_WORK TO COMPLETE_.
Only what runs from the line with "let text = match" to the final line of the records below should be given again, word for word.

_RECORDS FOR THE TASK_.
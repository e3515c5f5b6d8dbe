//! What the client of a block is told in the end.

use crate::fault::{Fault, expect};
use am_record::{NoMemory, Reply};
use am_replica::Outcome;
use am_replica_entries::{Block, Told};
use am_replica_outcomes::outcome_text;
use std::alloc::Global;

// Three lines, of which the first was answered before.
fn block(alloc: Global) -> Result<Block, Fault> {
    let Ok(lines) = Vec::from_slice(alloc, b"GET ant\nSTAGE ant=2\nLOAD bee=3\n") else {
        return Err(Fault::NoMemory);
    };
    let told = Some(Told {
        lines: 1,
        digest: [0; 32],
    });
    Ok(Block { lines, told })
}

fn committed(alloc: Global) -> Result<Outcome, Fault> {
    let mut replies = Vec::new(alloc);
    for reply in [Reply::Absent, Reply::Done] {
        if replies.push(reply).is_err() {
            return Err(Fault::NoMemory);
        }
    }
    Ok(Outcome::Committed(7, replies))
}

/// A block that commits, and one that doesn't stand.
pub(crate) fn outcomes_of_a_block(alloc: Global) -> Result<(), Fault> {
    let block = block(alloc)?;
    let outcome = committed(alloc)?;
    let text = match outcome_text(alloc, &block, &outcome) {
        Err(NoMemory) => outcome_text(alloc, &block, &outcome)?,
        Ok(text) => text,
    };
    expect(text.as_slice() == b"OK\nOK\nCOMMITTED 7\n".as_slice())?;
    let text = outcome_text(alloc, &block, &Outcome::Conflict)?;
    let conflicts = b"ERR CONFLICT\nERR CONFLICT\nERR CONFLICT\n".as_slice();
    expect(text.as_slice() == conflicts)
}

_YOUR SOLUTION_.
    let text = match outcome_text(alloc, &block, &outcome) {
        Err(NoMemory) => outcome_text(alloc, &block, &outcome)?,
        Ok(text) => text,
    };
    expect(text.as_slice() == b"OK\nOK\nCOMMITTED 7\n".as_slice())?;
    let text = outcome_text(alloc, &block, &Outcome::Conflict)?;
    let conflicts = b"ERR CONFLICT\nERR CONFLICT\nERR CONFLICT\n".as_slice();
    expect(text.as_slice() == conflicts)
}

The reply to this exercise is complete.